• **YOUR TASK**: Within the listing below, filter for "amount" and copy every matching line.

"""

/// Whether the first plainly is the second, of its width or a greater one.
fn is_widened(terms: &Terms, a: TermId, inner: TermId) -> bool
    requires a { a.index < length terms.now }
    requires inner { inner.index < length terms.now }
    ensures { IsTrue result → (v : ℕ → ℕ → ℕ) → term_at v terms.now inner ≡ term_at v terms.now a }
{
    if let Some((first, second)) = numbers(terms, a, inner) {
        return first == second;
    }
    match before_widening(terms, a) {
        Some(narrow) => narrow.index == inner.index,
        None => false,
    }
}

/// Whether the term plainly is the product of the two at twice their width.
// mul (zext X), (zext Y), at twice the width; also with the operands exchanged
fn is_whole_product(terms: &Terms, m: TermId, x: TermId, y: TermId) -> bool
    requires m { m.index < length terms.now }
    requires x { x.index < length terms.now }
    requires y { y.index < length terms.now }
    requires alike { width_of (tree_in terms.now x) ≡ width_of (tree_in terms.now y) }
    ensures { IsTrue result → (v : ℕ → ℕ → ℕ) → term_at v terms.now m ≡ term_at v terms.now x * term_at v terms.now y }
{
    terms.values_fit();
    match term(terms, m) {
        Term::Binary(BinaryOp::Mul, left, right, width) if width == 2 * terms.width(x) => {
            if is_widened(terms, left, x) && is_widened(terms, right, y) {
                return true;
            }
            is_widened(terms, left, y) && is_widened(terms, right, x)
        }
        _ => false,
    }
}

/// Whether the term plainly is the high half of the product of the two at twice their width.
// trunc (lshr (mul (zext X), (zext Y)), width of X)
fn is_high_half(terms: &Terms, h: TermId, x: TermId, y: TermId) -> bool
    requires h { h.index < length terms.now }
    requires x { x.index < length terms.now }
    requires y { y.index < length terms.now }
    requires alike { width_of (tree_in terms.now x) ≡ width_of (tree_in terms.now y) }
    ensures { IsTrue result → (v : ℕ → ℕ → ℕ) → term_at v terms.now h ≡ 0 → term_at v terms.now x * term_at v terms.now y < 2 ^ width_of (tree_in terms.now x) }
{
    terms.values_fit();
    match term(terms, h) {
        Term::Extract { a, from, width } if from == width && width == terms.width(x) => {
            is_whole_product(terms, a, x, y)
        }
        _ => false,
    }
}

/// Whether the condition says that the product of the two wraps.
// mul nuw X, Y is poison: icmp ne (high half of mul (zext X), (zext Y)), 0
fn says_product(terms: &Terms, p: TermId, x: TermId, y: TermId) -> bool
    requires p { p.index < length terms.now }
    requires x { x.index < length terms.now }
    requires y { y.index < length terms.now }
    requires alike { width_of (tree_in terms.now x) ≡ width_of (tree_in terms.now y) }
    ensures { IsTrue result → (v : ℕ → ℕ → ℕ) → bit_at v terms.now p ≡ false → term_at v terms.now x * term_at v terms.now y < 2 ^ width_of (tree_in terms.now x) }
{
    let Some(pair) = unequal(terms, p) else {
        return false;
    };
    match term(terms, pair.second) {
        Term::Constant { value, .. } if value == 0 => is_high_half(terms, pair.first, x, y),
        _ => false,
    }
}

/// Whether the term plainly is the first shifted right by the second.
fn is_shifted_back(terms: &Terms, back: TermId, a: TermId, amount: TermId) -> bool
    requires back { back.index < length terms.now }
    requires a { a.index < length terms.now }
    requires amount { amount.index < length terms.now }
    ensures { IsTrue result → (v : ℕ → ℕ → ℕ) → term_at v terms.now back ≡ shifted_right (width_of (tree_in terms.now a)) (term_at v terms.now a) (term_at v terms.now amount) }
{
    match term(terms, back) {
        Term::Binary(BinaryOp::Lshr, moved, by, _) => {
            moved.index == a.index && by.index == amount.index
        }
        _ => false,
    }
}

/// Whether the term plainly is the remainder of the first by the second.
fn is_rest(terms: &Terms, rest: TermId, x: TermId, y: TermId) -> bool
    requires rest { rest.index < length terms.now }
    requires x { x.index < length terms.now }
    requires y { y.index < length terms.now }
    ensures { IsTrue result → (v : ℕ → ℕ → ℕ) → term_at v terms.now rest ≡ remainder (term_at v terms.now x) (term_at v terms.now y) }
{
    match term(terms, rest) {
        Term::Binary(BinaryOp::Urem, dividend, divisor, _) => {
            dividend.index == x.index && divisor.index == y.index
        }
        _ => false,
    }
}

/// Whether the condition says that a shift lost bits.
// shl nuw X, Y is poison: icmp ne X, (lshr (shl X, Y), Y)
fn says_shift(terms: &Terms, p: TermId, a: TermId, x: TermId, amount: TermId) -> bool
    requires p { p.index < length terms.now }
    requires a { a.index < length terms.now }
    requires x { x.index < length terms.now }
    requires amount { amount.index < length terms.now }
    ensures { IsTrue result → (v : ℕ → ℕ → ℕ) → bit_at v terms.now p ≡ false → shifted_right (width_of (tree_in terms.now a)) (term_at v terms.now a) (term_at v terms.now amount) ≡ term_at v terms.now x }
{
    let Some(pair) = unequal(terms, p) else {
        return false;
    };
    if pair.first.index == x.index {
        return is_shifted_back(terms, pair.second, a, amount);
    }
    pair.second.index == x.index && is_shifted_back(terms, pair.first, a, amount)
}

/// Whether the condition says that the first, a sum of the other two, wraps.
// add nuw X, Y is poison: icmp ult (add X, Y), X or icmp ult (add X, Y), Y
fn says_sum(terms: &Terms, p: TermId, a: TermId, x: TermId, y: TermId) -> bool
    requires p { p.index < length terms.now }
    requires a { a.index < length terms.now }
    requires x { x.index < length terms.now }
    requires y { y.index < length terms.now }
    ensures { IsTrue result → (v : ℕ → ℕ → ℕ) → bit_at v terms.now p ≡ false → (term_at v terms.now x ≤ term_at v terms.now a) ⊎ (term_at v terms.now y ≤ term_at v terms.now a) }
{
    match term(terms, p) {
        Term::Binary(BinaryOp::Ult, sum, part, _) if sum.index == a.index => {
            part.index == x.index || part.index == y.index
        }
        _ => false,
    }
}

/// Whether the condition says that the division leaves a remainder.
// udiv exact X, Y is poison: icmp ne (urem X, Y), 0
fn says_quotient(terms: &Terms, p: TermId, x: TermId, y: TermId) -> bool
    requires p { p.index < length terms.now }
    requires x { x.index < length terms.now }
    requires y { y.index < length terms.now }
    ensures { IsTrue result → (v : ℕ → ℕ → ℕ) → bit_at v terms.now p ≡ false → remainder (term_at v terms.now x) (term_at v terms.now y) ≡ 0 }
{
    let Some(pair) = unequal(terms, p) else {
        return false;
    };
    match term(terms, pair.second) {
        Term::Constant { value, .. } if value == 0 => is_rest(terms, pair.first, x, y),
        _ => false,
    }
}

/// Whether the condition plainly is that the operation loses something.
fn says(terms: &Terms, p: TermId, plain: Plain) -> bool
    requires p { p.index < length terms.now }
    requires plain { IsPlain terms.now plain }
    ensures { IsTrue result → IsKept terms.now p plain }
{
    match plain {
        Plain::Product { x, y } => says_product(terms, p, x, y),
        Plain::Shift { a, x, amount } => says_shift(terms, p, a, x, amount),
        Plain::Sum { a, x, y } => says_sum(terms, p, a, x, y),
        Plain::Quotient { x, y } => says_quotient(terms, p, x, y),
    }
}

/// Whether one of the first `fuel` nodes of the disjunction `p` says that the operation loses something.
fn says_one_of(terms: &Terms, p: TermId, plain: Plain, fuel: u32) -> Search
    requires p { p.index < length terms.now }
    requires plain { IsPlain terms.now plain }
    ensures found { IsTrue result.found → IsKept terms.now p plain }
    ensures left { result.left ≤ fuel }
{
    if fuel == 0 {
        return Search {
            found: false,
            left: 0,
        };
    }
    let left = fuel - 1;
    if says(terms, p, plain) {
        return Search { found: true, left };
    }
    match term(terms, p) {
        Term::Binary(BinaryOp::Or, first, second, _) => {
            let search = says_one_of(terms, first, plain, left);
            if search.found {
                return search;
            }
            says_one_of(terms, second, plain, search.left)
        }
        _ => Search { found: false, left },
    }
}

"""

• **RESPONSE TO THE TASK**:
fn is_shifted_back(terms: &Terms, back: TermId, a: TermId, amount: TermId) -> bool
    requires amount { amount.index < length terms.now }
    ensures { IsTrue result → (v : ℕ → ℕ → ℕ) → term_at v terms.now back ≡ shifted_right (width_of (tree_in terms.now a)) (term_at v terms.now a) (term_at v terms.now amount) }
            moved.index == a.index && by.index == amount.index
fn says_shift(terms: &Terms, p: TermId, a: TermId, x: TermId, amount: TermId) -> bool
    requires amount { amount.index < length terms.now }
    ensures { IsTrue result → (v : ℕ → ℕ → ℕ) → bit_at v terms.now p ≡ false → shifted_right (width_of (tree_in terms.now a)) (term_at v terms.now a) (term_at v terms.now amount) ≡ term_at v terms.now x }
        return is_shifted_back(terms, pair.second, a, amount);
    pair.second.index == x.index && is_shifted_back(terms, pair.first, a, amount)
        Plain::Shift { a, x, amount } => says_shift(terms, p, a, x, amount),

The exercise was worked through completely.